章間SS ギルティアの最後――後編【side : ギルティア】


「さあ、喰らえ! これが俺の怒りだ!」


 エルーナに変身したユノンが、手に魔力を込める。

 それはみるからにヤバい威力だとわかった。

 大賢者の、しかも回復したての攻撃だ。

 ただ魔力を込めて殴るだけでそうとう強い。


「オラ!」


 ――ドゴぉ!


 ユノンは試しにそれで地面を殴りつけた。

 すると地面がぼこぼこに抉れる。

 あんなもので俺の腹を殴られたら……。

 俺がいくら魔力で防御しても、致命傷は避けられないだろう。


「や、やめてくれ……! ユノン! す、すまなかった……!」

「は……?」


 俺は地面に頭をついて、許しをこうた。

 だが、こんなものはもちろん演技だ。

 あわよくば助かろうというだけのもの。

 ここは屈辱的だが、生き延びることが先決だ。

 エルーナも倒され、俺たちに勝ち目はないのだから。


「お前……。
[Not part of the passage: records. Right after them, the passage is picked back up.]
ghost use Rattle.std.specs.Prelude.{◌≡◌, Some, false};
ghost use Rattle.handover_in.specs.Act.{nothing, sends, drive_off, starts, stop, settles, drops};
ghost use Rattle.handover_in.specs.Own.{said_of};

use board_record::{BoardId, Record};
use line_base::{Seen, Transfer};

/// What an intake does at an input. The deed comes first, then what is sent, then the drive.
#[derive(Debug, PartialEq, Eq, Drop)]
pub struct InAct {
    pub deed: Option<InDeed>,
    pub send: Option<InSend>,
    /// Switches the entry's drive on or off.
    pub drive: Option<bool>,
    /// The record that `Settles` hands on to be kept.
    pub keep: Option<Record>,
    /// Whether the board was dropped since it was taken out by hand.
    pub taken: bool,
}

/// What becomes of a board at the entry.
#[derive(Clone, Copy, Debug, PartialEq, Eq)]
pub enum InDeed {
    /// The transport of this board starts: the intake holds its record.
    Starts(BoardId),
    /// The board is the machine's, and its record is handed on.
    Settles(BoardId),
    /// The board didn't come, and its record is dropped.
    Drops(BoardId),
}

/// What an intake has to say.
#[derive(Clone, Copy, Debug, PartialEq, Eq)]
pub enum InSend {
    MachineReady,
    RevokeMachineReady,
    /// StartTransport.
    Start(BoardId),
    /// StopTransport.
    Stop { state: Transfer, id: BoardId },
}

impl InAct {
    pub(crate) fn nothing() -> InAct
        ensures { result ≡ nothing }
    {
        InAct {
            deed: None,
            send: None,
            drive: None,
            keep: None,
            taken: false,
        }
    }

    pub(crate) fn sends(what: InSend) -> InAct
        ensures { result ≡ sends what }
    {
        InAct {
            send: Some(what),
            ..InAct::nothing()
        }
    }

    pub(crate) fn drive_off() -> InAct
        ensures { result ≡ drive_off }
    {
        InAct {
            drive: Some(false),
            ..InAct::nothing()
        }
    }

    pub(crate) fn starts(id: BoardId) -> InAct
        ensures { result ≡ starts id }
    {
        InAct {
            deed: Some(InDeed::Starts(id)),
            send: Some(InSend::Start(id)),
            drive: Some(true),
            keep: None,
            taken: false,
        }
    }

    pub(crate) fn stops(send: Option<InSend>) -> InAct
        ensures { result ≡ record nothing { send = send; drive = Some false } }
    {
        InAct {
            send,
            drive: Some(false),
            ..InAct::nothing()
        }
    }

    pub(crate) fn settles(board: Record, send: Option<InSend>, drive: Option<bool>) -> InAct
        ensures { result ≡ settles board send drive }
    {
        InAct {
            deed: Some(InDeed::Settles(board.id)),
            send,
            drive,
            keep: Some(board),
            taken: false,
        }
    }

    pub(crate) fn drops(
        board: Record,
        own: Seen,
        send: Option<InSend>,
        drive: Option<bool>,
    ) -> InAct
        ensures { result ≡ drops board own send drive }
    {
        let id = board.id;
        drop(board);
        InAct {
            deed: Some(InDeed::Drops(id)),
            send,
            drive,
            keep: None,
            taken: own == Seen::Taken,
        }
    }
}

/// StopTransport with what the sensors saw.
pub(crate) fn stop(board: &Record, own: Seen) -> Option<InSend>
    ensures { result ≡ stop board.now own }
{
    Some(InSend::Stop {
        state: said_of(own),
        id: board.id,
    })
}

fn said_of(own: Seen) -> Transfer
    ensures { result ≡ said_of own }
{
    match own {
        Seen::NotStarted => Transfer::NotStarted,
        Seen::Incomplete => Transfer::Incomplete,
        Seen::Complete => Transfer::Complete,
        Seen::Taken => Transfer::Incomplete,
    }
}
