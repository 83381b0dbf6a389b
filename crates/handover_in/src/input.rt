use board_record::{BoardId, Record};
use line_base::{SensorEvent, Transfer};

/// What an intake meets.
#[derive(Debug, PartialEq, Eq, Drop)]
pub enum InInput {
    /// The machine is ready for a board.
    Ready,
    /// The machine is not ready any more.
    Unready,
    /// The machine starts the transport of the offered board.
    Start,
    /// BoardAvailable was heard, with the board's record.
    BoardAvailable(Record),
    /// RevokeBoardAvailable was heard.
    RevokeBoardAvailable,
    /// TransportFinished was heard: how the handover ended upstream.
    Finished { state: Transfer, id: BoardId },
    /// A sensor event of the entry.
    Sensed(SensorEvent),
    /// The entry's drive failed.
    Fault,
    /// The connection was closed.
    Closed,
    /// A new connection stands: both machines have shaken hands.
    Stand,
}
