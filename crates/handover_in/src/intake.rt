ghost use Rattle.std.specs.Prelude.{◌≡◌, IfOk, IfErr, OnErr, IsSome, None, Some, true, option_map};
ghost use Rattle.handover_in.specs.State.{at_rest, name_of_phase, held, own_of_phase, has_heard, may_connect};
ghost use Rattle.handover_in.specs.Row.{intake_row, row};
ghost use Rattle.handover_in.specs.Given.{IsGiven, breach_of};
ghost use Rattle.handover_in.specs.Together.{IsIntakeTogether};

use crate::act::InAct;
use crate::breach::InBreach;
use crate::input::InInput;
use crate::phase::{InPhase, Phase};
use crate::state::State;
use board_record::Record;
use line_base::Seen;
use std::marker::Model;

/// The downstream half of a handover.
///
/// It is seen as its phase, the record of the board that is offered, and whether the machine has
/// said that it is ready. What of these can stand together is its invariant.
#[derive(Debug, PartialEq, Eq, Drop)]
pub struct Intake {
    state: State,
}

impl Model for Intake {
    ghost use Rattle.handover_in.specs.State.{InState};
    ghost use Rattle.handover_in.specs.Together.{IsIntakeTogether};

    ghost Value = { InState };

    ghost view = { λ intake. intake.state };

    ghost invariant = { λ intake. IsIntakeTogether intake.state };

    ghost inverse = { λ value. record { state = value } };
}

impl Intake {
    /// No handover, no offer, and not ready.
    pub fn new() -> Intake
        ensures { result ≡ at_rest }
    {
        Intake {
            state: State::at_rest(),
        }
    }

    /// What stands together in every intake: it is ready only while no handover is open, and has
    /// an offer only where it takes offers; and its phase is one that comes up.
    ///
    /// It does nothing: a caller that knows that the intake is ready, and that a board is offered,
    /// knows behind it that `Unready` and `Start` have their row.
    #[tactic(auto, using(crate::proofs::Together::unready_given, crate::proofs::Together::start_given))]
    pub fn together(&self)
        ensures together { IsIntakeTogether self.now }
        ensures unready { self.now.ready ≡ true → IsGiven self.now InInput.Unready }
        ensures start { self.now.ready ≡ true → IsSome self.now.offer
            → IsGiven self.now InInput.Start }
    {
        let _state = &self.state;
    }

    /// Its phase, without the phase's parts.
    pub fn phase(&self) -> InPhase
        ensures { result ≡ name_of_phase self.now.phase }
    {
        let state = &self.state;
        match &state.phase {
            Phase::Idle => InPhase::Idle,
            Phase::Taking { .. } => InPhase::Taking,
            Phase::Stopped { .. } => InPhase::Stopped,
            Phase::Waiting { .. } => InPhase::Waiting,
        }
    }

    /// The record of the board whose handover is open.
    pub fn holds(&self) -> Option<&Record>
        ensures { option_map (λ board. board.now) result ≡ held self.now }
    {
        let state = &self.state;
        match &state.phase {
            Phase::Idle => None,
            Phase::Taking { board, .. } => Some(board),
            Phase::Stopped { board, .. } => Some(board),
            Phase::Waiting { board, .. } => Some(board),
        }
    }

    /// The record of the board that is offered.
    pub fn offer(&self) -> Option<&Record>
        ensures { option_map (λ board. board.now) result ≡ self.now.offer }
    {
        let state = &self.state;
        state.offer.as_ref()
    }

    /// Whether the machine has said that it is ready.
    pub fn ready(&self) -> bool
        ensures { result ≡ self.now.ready }
    {
        let state = &self.state;
        state.ready
    }

    /// What its sensors saw of the board whose handover is open.
    pub fn own(&self) -> Option<Seen>
        ensures { result ≡ own_of_phase self.now.phase }
    {
        let state = &self.state;
        match &state.phase {
            Phase::Idle => None,
            Phase::Taking { own, .. } => Some(*own),
            Phase::Stopped { own, .. } => Some(*own),
            Phase::Waiting { own, .. } => Some(*own),
        }
    }

    /// Whether the upstream machine was heard. While the transport runs, and beyond a close, that
    /// it said that the board has left; once the transport has stopped, that it said how the
    /// handover ended.
    pub fn heard(&self) -> bool
        ensures { result ≡ has_heard self.now.phase }
    {
        let state = &self.state;
        match &state.phase {
            Phase::Idle => false,
            Phase::Taking { heard, .. } => *heard,
            Phase::Stopped { heard, .. } => heard.is_some(),
            Phase::Waiting { heard, .. } => *heard,
        }
    }

    /// Whether a new connection may be opened: no handover is open, or the connection of the open
    /// one is closed and its board is inside.
    pub fn may_connect(&self) -> bool
        ensures { result ≡ may_connect self.now.phase }
    {
        let state = &self.state;
        match &state.phase {
            Phase::Idle => true,
            Phase::Waiting { own, .. } => *own == Seen::Complete,
            _ => false,
        }
    }

    /// Does what the intake table says of this input, and answers the acts. A breach exactly
    /// where the table has no row for the message; the intake is then unchanged.
    ///
    /// `Ready`, `Unready` and `Start` are given only where the table has a row for them.
    #[inline(always)]
    pub fn apply(&mut self, input: InInput) -> Result<InAct, InBreach>
        requires { IsGiven self.old input }
        ensures row { IfOk result (λ act. intake_row self.old input ≡ row self.new act) }
        ensures breach { IfErr result (λ why. (intake_row self.old input ≡ None)
            × (breach_of input ≡ Some why)) }
        ensures unchanged { OnErr result (self.new ≡ self.old) }
    {
        self.state.meet(input)
    }
}
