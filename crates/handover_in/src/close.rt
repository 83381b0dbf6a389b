ghost use Rattle.std.specs.Prelude.{◌≡◌};
ghost use Rattle.handover_in.specs.Row.{closed_row, closes_stopped, row};
ghost use Rattle.handover_in.specs.State.{at_rest};

use crate::act::InAct;
use crate::phase::Phase;
use crate::state::State;
use board_record::Record;
use line_base::{Seen, Transfer};
use std::mem;

impl State {
    #[inline(never)]
    pub(crate) fn close(&mut self) -> InAct
        ensures { closed_row self.old.phase ≡ row self.new result }
    {
        self.put_offer(None);
        self.ready = false;
        match mem::replace(&mut self.phase, Phase::Idle) {
            Phase::Idle => InAct::nothing(),
            Phase::Taking { board, own, heard } => self.close_taking(board, own, heard),
            Phase::Stopped { board, own, heard } => {
                self.close_stopped(board, own, heard == Some(Transfer::Complete))
            }
            Phase::Waiting { board, own, heard } => {
                self.enter(Phase::Waiting { board, own, heard });
                InAct::nothing()
            }
        }
    }

    fn close_taking(&mut self, board: Record, own: Seen, heard: bool) -> InAct
        requires { self.old ≡ at_rest }
        ensures { closed_row (Phase.Taking board own heard) ≡ row self.new result }
    {
        if own == Seen::NotStarted {
            return InAct::drops(board, own, None, Some(false));
        }
        self.enter(Phase::Waiting { board, own, heard });
        if heard {
            InAct::nothing()
        } else {
            InAct::drive_off()
        }
    }

    /// `left` is whether the upstream machine said that the board has left.
    fn close_stopped(&mut self, board: Record, own: Seen, left: bool) -> InAct
        requires { self.old ≡ at_rest }
        ensures { closes_stopped board own left ≡ row self.new result }
    {
        match own {
            Seen::NotStarted | Seen::Taken => InAct::drops(board, own, None, None),
            Seen::Incomplete | Seen::Complete => {
                self.enter(Phase::Waiting {
                    board,
                    own,
                    heard: left,
                });
                InAct::nothing()
            }
        }
    }
}
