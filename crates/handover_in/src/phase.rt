use board_record::Record;
use line_base::{Seen, Transfer};

/// An intake's phase by its name alone.
#[derive(Clone, Copy, Debug, PartialEq, Eq, Hash)]
pub enum InPhase {
    Idle,
    Taking,
    Stopped,
    Waiting,
}

/// An intake's phase with its parts. `own` is what its sensors saw of the board.
#[derive(Debug, PartialEq, Eq, Drop)]
pub enum Phase {
    /// No handover.
    Idle,
    /// The drive is on to take the board in. `heard` says whether the upstream machine said that
    /// the board has left.
    Taking {
        board: Record,
        own: Seen,
        heard: bool,
    },
    /// The drive is off and the stop was said. `heard` is how the upstream machine said that the
    /// handover ended, once it did.
    Stopped {
        board: Record,
        own: Seen,
        heard: Option<Transfer>,
    },
    /// The connection is closed, and the sensors or a new connection tell what becomes of the
    /// board. `heard` says whether the upstream machine said that the board has left.
    Waiting {
        board: Record,
        own: Seen,
        heard: bool,
    },
}
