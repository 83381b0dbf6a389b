ghost use Rattle.std.specs.Prelude.{◌≡◌, IfOk, IfErr, OnErr, None};
ghost use Rattle.handover_in.specs.State.{takes_offers, passes_offers_over};
ghost use Rattle.handover_in.specs.Given.{IsGiven};
ghost use Rattle.handover_in.specs.Row.{ready_row, unready_row, start_row, board_available_row, revoke_board_available_row, row};

use crate::act::{InAct, InSend};
use crate::breach::InBreach;
use crate::input::InInput;
use crate::phase::Phase;
use crate::state::State;
use board_record::Record;
use line_base::Seen;

impl State {
    pub(crate) fn get_ready(&mut self) -> InAct
        requires { IsGiven self.old InInput.Ready }
        ensures { ready_row self.old.phase self.old ≡ row self.new result }
    {
        self.ready = true;
        InAct::sends(InSend::MachineReady)
    }

    pub(crate) fn get_unready(&mut self) -> InAct
        requires { IsGiven self.old InInput.Unready }
        ensures { unready_row self.old.phase self.old ≡ row self.new result }
    {
        self.ready = false;
        InAct::sends(InSend::RevokeMachineReady)
    }

    #[inline(never)]
    pub(crate) fn start(&mut self) -> InAct
        requires { IsGiven self.old InInput.Start }
        ensures { start_row self.old.phase self.old.offer self.old.ready ≡ row self.new result }
    {
        self.ready = false;
        match self.offer.take() {
            Some(board) => {
                let id = board.id;
                self.enter(Phase::Taking {
                    board,
                    own: Seen::NotStarted,
                    heard: false,
                });
                InAct::starts(id)
            }
            None => InAct::nothing(),
        }
    }

    #[inline(always)]
    pub(crate) fn board_available(&mut self, board: Record) -> Result<InAct, InBreach>
        ensures row { IfOk result
            (λ act. board_available_row self.old.phase self.old board ≡ row self.new act) }
        ensures breach { IfErr result (λ why. (board_available_row self.old.phase self.old board ≡ None)
            × (why ≡ InBreach.BoardAvailable)) }
        ensures unchanged { OnErr result (self.new ≡ self.old) }
    {
        if self.passes_offers_over() {
            return Ok(InAct::nothing());
        }
        if !self.takes_offers() || self.offer.is_some() {
            return Err(InBreach::BoardAvailable);
        }
        self.put_offer(Some(board));
        Ok(InAct::nothing())
    }

    pub(crate) fn revoke_board_available(&mut self) -> Result<InAct, InBreach>
        ensures row { IfOk result
            (λ act. revoke_board_available_row self.old.phase self.old ≡ row self.new act) }
        ensures breach { IfErr result (λ why. (revoke_board_available_row self.old.phase self.old ≡ None)
            × (why ≡ InBreach.RevokeBoardAvailable)) }
        ensures unchanged { OnErr result (self.new ≡ self.old) }
    {
        if self.passes_offers_over() {
            return Ok(InAct::nothing());
        }
        if !self.takes_offers() || self.offer.is_none() {
            return Err(InBreach::RevokeBoardAvailable);
        }
        self.put_offer(None);
        Ok(InAct::nothing())
    }

    /// Whether offers are of a time before the upstream machine let the board of the open
    /// handover go.
    fn passes_offers_over(&self) -> bool
        ensures { result ≡ passes_offers_over self.now.phase }
    {
        match &self.phase {
            Phase::Taking { heard, .. } => !*heard,
            Phase::Stopped { heard, .. } => heard.is_none(),
            _ => false,
        }
    }

    fn takes_offers(&self) -> bool
        ensures { result ≡ takes_offers self.now.phase }
    {
        match &self.phase {
            Phase::Idle => true,
            Phase::Taking { heard, .. } => *heard,
            Phase::Stopped { heard, .. } => heard.is_some(),
            Phase::Waiting { .. } => false,
        }
    }
}
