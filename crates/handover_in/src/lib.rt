//! The downstream half of a handover.
//!
//! An intake hears of an offered board, starts its transport, and holds its record until its own
//! sensors and the upstream machine's word say that the board came or that it didn't.
#![tactic(auto)]

mod act;
mod breach;
mod close;
mod finish;
mod input;
mod intake;
pub mod laws;
mod offer;
mod phase;
mod sensor;
mod state;

pub use act::{InAct, InDeed, InSend};
pub use breach::InBreach;
pub use input::InInput;
pub use intake::Intake;
pub use phase::{InPhase, Phase};
pub use sensor::own_after;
本気で言ってるのか……?」

「ああ……! 本気だ! 許してくれ! 俺が悪かった……!」


「はぁ……俺はお前に殺されたんだぞ……? 俺の言い分も聞かずに……」

「う……それは……」


 それはお前が魔族だったからだろうが!

 と心の中では思う。

 だが、口にはださない。

 俺は許してもらわなけらばならない、生き残るために!


 だが、ユノンはそんな甘い男ではなかった。

 ようしゃなく俺に殺意を向けてくる。

 やはり魔族、人間の心はないようだな。


「しねぇ……!」


 ――ボコォ……!


「ぐぇ……!」


 ユノンは魔力のこもった拳で、俺の腹を思い切り殴りつけた。

 俺の口からいろいろなものがこぼれだす。

 腹にも穴が開いたんじゃないかというほどの痛みが走る。

 想像を絶する痛みに、俺はなにも考えられなくなる。


 そして、半分意識を失った。

 俺はその場に無言で倒れ込む。


「しぶといな……。ゴキブリ野郎……だったか……?」


 ユノンは倒れた俺の頭を足で蹴った。

 俺をゴキブリ呼ばわりだと……!?

 こんな屈辱的なことをされたのは初めてだ。


 そのあと俺は朦朧とする意識のなか、痛みに耐え続けた。

 まだレイラが残っている。

 彼女なら、俺を連れてなんとかこの場から逃げ出してくれると信じていた。

 レイラは頭の悪いやつだから、俺に従順だ。

 昔から、俺はアイツがそうなるように優しくしていた。


 だが、気づいたときにはレイラがユノンに操られていた。

 なにが起こった……!?

 俺は半分意識を失っていて、状況が把握できないでいた。

 ユノンもレイラの姿に変わっていることから、おそらくレイラはユノンにテイムされてしまったのだろう。


「うぅ……ゆ、ユノン……。レイラ……」

「ギルティア……!」


「お、おれは……」

「ギルティア……」


 ――ドゴ! バキ!


「ぐぼぉ……!」


 ユノンの命令で、俺はレイラに蹴られ続ける。

 俺の愛した最愛の人、その人に殴られ、蹴られ続ける。

 こんな屈辱的な痛みは初めてだ。

 まさに悪魔的所業……!


「さて、もういいかな……」


 ユノンはレイラに剣を拾わせる。


「じゃあ、これで本当の終わりだ。やれ」

「っく……!? やめてよ……! 身体がかってに……!」


 そしてレイラは、俺の喉に剣をぶっ刺した。

 くそ……!

 どうして俺が……こんなところで死なねばならない……!?


「ぐぼぉ……!」

「ごめん……! ギル!」


 俺の喉から血がドバっと噴き出る。


 痛い。


 痛い。


 いや、痛いなんていうもんじゃない。

 俺はすべての感覚を失ったような感覚に襲われる。


 これが……死ぬということなのか……!?


 様々な後悔が押し寄せる。

 そして、怒りや、悲しみが……!


 俺はどこで間違ったんだ……!?


 どうして勇者である俺が負けるんだ……!?



 そして、目の前が真っ暗になった。

 もうなにも考えられない。


 深い深い眠りに落ちていく……。


 だが、俺は消して忘れない。

 この痛みを、後悔を……!


 俺が死んでも次の勇者がユノン、お前を殺すだろう。

 いや、その勇者が殺されても――。




 ――生まれ変わった俺が、殺す!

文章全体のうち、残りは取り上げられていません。